Description of the task:
Whenever the word "Buffer" turns up in a line below, that line should be copied.

---

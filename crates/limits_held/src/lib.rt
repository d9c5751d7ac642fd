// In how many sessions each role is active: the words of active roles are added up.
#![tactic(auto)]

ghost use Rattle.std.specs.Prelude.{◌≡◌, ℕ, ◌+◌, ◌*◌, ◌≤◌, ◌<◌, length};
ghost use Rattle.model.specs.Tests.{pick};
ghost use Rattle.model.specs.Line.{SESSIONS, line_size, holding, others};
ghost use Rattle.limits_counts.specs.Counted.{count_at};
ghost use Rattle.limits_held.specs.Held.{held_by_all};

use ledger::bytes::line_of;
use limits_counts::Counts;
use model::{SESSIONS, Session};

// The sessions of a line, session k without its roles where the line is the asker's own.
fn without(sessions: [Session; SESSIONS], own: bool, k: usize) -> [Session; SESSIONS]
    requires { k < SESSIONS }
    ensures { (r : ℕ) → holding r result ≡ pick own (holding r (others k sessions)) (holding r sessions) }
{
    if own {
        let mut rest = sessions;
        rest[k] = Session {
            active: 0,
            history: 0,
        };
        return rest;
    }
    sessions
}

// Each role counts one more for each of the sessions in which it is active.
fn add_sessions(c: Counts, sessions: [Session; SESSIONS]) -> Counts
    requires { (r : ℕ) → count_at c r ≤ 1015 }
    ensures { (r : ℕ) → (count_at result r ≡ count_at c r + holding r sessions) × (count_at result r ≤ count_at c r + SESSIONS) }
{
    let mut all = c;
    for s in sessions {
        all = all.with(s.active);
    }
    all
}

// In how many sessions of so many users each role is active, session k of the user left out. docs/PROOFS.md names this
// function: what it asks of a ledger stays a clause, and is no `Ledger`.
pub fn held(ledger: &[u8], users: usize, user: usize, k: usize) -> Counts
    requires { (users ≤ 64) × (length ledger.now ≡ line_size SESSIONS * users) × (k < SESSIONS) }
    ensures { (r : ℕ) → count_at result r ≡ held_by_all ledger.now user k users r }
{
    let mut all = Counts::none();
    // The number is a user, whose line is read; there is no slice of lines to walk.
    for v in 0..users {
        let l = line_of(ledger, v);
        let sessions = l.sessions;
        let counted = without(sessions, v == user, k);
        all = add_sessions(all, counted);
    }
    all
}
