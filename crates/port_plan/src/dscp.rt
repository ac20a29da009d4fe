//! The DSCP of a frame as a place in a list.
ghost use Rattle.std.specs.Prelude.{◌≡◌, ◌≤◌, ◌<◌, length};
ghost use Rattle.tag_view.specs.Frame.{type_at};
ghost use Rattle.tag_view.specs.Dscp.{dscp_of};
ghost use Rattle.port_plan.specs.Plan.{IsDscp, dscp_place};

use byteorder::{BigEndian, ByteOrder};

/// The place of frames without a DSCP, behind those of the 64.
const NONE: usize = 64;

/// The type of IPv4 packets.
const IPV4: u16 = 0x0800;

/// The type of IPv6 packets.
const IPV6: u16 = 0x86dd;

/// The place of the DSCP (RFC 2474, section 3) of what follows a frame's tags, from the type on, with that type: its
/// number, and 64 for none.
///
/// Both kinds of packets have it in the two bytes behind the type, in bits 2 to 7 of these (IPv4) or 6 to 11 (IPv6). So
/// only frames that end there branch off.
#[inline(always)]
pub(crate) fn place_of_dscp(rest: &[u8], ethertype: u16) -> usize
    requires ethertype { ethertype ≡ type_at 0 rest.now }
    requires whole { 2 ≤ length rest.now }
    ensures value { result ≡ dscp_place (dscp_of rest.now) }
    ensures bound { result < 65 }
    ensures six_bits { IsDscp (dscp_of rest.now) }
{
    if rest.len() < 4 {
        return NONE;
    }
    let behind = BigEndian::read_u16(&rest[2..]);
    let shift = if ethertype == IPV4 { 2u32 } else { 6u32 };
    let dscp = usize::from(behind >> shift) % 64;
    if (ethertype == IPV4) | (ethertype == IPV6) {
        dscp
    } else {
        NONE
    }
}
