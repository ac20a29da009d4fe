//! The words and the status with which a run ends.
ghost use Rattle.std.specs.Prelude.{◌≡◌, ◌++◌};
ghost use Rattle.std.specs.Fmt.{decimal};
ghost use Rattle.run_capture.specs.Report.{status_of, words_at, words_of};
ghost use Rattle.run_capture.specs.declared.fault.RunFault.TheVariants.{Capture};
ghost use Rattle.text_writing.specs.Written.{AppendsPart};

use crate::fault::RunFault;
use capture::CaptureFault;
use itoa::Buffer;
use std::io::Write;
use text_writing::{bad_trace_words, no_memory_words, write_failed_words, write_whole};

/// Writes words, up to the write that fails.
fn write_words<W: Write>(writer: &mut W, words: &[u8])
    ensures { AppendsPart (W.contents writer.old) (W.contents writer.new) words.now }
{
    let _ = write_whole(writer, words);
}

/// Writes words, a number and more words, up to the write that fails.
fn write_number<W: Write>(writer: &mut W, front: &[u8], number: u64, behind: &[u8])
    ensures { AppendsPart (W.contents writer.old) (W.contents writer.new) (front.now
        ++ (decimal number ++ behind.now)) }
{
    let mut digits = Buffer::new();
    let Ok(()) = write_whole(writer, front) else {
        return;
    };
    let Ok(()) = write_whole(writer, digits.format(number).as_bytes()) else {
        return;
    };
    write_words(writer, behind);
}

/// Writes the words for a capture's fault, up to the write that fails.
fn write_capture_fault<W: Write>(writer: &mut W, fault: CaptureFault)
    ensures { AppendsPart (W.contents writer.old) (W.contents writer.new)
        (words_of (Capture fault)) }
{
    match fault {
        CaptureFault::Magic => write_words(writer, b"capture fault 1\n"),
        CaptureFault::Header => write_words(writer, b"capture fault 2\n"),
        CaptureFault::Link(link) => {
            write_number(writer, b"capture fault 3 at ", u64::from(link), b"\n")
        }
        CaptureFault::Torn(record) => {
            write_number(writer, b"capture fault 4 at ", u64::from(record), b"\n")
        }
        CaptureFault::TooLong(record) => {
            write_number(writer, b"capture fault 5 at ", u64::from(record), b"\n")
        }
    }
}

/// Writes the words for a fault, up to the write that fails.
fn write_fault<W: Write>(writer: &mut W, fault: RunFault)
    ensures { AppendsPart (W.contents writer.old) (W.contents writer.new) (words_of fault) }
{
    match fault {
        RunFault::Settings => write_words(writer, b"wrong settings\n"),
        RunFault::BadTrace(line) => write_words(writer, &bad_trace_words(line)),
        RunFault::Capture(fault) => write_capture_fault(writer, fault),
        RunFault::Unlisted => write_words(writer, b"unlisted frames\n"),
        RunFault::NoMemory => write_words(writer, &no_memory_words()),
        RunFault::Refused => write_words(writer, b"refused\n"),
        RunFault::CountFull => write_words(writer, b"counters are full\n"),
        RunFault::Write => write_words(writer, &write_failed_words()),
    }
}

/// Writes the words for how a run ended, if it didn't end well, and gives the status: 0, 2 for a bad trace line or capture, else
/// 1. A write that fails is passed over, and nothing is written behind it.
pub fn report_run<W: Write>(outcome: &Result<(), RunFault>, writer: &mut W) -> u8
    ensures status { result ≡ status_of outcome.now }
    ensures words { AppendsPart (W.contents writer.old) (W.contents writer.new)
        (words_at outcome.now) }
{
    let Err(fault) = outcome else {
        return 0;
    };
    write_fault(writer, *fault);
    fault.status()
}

---

Task response:
use itoa::Buffer;
    let mut digits = Buffer::new();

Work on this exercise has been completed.